Несколько раз мы снова роняли ее в снег, пока на руках, спотыкаясь и мешая друг другу, донесли ее, укутанную до баньки. Здесь я отдал свое пальтишко окоченевшему Валерке, и тот, накинув его на плечи, помчался домой за санками. До возвращения друга я успел растопить в кулаке и снять пристывшие к Расплате ледышки и все время старался согреть ее своим телом, хотя, по правде говоря, и сам дрожал, как паршивый кутенок.

На санках Валерка привез облезлый дедушкин тулуп, и мы благополучно доставили раненую до калитки моего дома.

Мать знала и раньше о существовании Расплаты. Знала, что именно за ней приходили минувшей ночью брат Николай с другом. Знала, и заранее возненавидела ее, потому что ужасно боялась теперь и за меня. Боялась так, как может только бояться мать за своего несмышленого сына, который подвергает себя смертельной опасности из-за какой-то собаки.

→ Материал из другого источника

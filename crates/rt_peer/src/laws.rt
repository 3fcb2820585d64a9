//! What a fetch comes to for its caller, over the definitions alone.
ghost use Rattle.std.specs.Prelude.{◌≡◌, ◌<◌, ℕ, List, Some, Ok, Err, slice_get};
ghost use Rattle.rt_base.specs.declared.header.Header.{Header};
ghost use Rattle.rt_model.specs.declared.setup.Setup.{Setup};
ghost use Rattle.rt_segment.specs.Spelling.{file_of as bytes_of, header_of};
ghost use Rattle.rt_deep.specs.Files.{file_of};
ghost use Rattle.rt_deep.specs.Meaning.{Told, Meaning as DeepMeaning};
ghost use Rattle.rt_deep.specs.Memory.{means};
ghost use Rattle.rt_peer.specs.declared.got.Got.{Got};
ghost use Rattle.rt_peer.specs.declared.peer_refused.PeerRefused.{PeerRefused};
ghost use Rattle.rt_peer.specs.declared.peer_refused.PeerRefused.TheVariants.{Faulted, Memory, Nowhere};
ghost use Rattle.rt_peer.specs.Counts.{Rose};
ghost use Rattle.rt_peer.specs.Fetching.{Fetches};
ghost use Rattle.rt_peer.specs.Files.{IsWanted};
ghost use Rattle.rt_peer.specs.Meaning.{Meaning};
ghost use Rattle.rt_peer.specs.RightPeer.{IsBuilt, IsHeld, IsRightPeer};

/// What is fetched has the partition, the sequence, the range, the number of rows and the digest that were wanted.
pub fn what_is_fetched_has_its_header()
    ensures { (wanted : Header) (path : List ℕ) (before after : DeepMeaning) (olds news : List Meaning) (got : Got)
        → Fetches wanted path before after olds news (Ok got) → header_of got.sealed ≡ wanted }
{}

/// From a right peer comes the one file that is right of the range, by the same settings and in the same format: so the
/// deep store's file, wherever such a one stands there.
pub fn a_right_peers_file_is_the_one_file()
    ensures { (setup : Setup) (messages : List (List ℕ)) (wanted : Header) (path : List ℕ) (before after : DeepMeaning)
        (olds news : List Meaning) (got : Got) (place : ℕ) (peer : Meaning) (file : List ℕ)
        → Fetches wanted path before after olds news (Ok got) → got.from ≡ Some place → slice_get olds place ≡ Some peer
        → IsRightPeer setup messages wanted peer → IsBuilt setup messages wanted file → bytes_of got.sealed ≡ file }
{}

/// Where the deep store has the wanted file, as far as its caller has seen or as it tells, a fetch is refused only for a
/// fault of the deep store or for want of memory.
pub fn no_fetch_passes_the_deep_stores_file()
    ensures seen { (wanted : Header) (path file : List ℕ) (before after : DeepMeaning) (olds news : List Meaning) (refused : PeerRefused)
        → Fetches wanted path before after olds news (Err refused) → (refused ≡ Memory → ⊥)
        → file_of before.seen path ≡ Some (record { path = path; bytes = file }) → IsWanted wanted file → before.faults < after.faults }
    ensures told { (wanted : Header) (path file : List ℕ) (told : Told) (before after : DeepMeaning) (olds news : List Meaning) (refused : PeerRefused)
        → Fetches wanted path before after olds news (Err refused) → (refused ≡ Memory → ⊥)
        → before.told ≡ Some told → file_of told.files path ≡ Some (record { path = path; bytes = file }) → IsWanted wanted file
        → before.faults < after.faults }
{}

/// Where a peer is told to hold the wanted file, and so where a right peer holds the segment, a fetch is refused only for
/// a fault of that peer or for want of memory.
pub fn no_fetch_passes_a_right_peer()
    ensures holds { (wanted : Header) (path file : List ℕ) (before after : DeepMeaning) (olds news : List Meaning) (refused : PeerRefused)
        (place : ℕ) (old new : Meaning) → Fetches wanted path before after olds news (Err refused) → (refused ≡ Memory → ⊥)
        → slice_get olds place ≡ Some old → slice_get news place ≡ Some new
        → IsHeld old.told wanted file → IsWanted wanted file → old.faults < new.faults }
    ensures right { (setup : Setup) (messages : List (List ℕ)) (wanted : Header) (path file : List ℕ) (before after : DeepMeaning)
        (olds news : List Meaning) (refused : PeerRefused) (place : ℕ) (old new : Meaning)
        → Fetches wanted path before after olds news (Err refused) → (refused ≡ Memory → ⊥)
        → slice_get olds place ≡ Some old → slice_get news place ≡ Some new
        → IsRightPeer setup messages wanted old → IsHeld old.told wanted file → old.faults < new.faults }
{}

/// Faulted tells that a count rose in the call, and Nowhere that none did: each peer means what it meant before, and so
/// does a deep store in memory.
pub fn a_refusal_tells_of_each_count()
    ensures faulted { (wanted : Header) (path : List ℕ) (before after : DeepMeaning) (olds news : List Meaning)
        → Fetches wanted path before after olds news (Err Faulted) → Rose before after olds news }
    ensures nowhere { (wanted : Header) (path : List ℕ) (before after : DeepMeaning) (olds news : List Meaning)
        → Fetches wanted path before after olds news (Err Nowhere) → news ≡ olds }
    ensures memory { (wanted : Header) (path : List ℕ) (before after : Told) (olds news : List Meaning)
        → Fetches wanted path (means before) (means after) olds news (Err Nowhere) → after ≡ before }
{}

Не мудрено, что встреча была нам уготована отнюдь не ласковая.

— Прочь из дома! Несите ее, куда хотите! — кричала мать, прижимая кулаки к вискам. — С меня довольно и того, что уже натерпелась. Вот так довольно!

И тут поднялась бабушка, уже много дней не встававшая с постели. Белая, как смерть, в длинной полотняной рубахе, она отстранила мать, бережно взяла собаку на руки и, пошатываясь, понесла к теплой лежанке. Отдышавшись, она слазила в сундук, порвала на бинты свою старую, чисто выстиранную рубаху и принялась перевязывать раненую.

— Стыдись! — обернулась она к матери, сверкнув глубоко запавшими глазами. — Собаки — и те восстали против супостатов… Душа-то не иссохла у тебя? Тварь больную — на мороз!..

Мать стояла, горестно потупясь, у двери и не проронила ни словечка, пока бабушка не начала одеваться с явным намерением выйти из дома.

— Куда же ты? — испуганно спросила мать, загораживая дверь. — В этакий холод…

— К Дмитревне схожу, — непреклонно заявила бабушка. Она взяла с полки пустую стеклянную банку. — Может, молочка выпрошу немножко. Ты же мне посошок дай какой-нибудь.

У Дмитриевны, бабушкиной ровесницы, на чердаке (чтобы не обнаружили немцы) жила тощая коза. Возможно, единственная уцелевшая коза на весь поселок.

— Лежи уж ты! — простонала мать, пытаясь отобрать банку у бабушки. — Сама схожу… Что за времена настали, помилуй, боже!

Бабушка упрямо прижала банку к груди.

— Я пойду! Тебе может и не дать, а мне, хворой, не откажет.

…Вам это может показаться смешным, но я до сих пор уверен, что бабушка поправилась только благодаря Расплате. Последние месяцы бабушка чувствовала себя никому не нужной, обременительной обузой для семьи, и молитва ее о том, чтобы боженька поскорей прибрал бы ее к себе, была совершенно искренней.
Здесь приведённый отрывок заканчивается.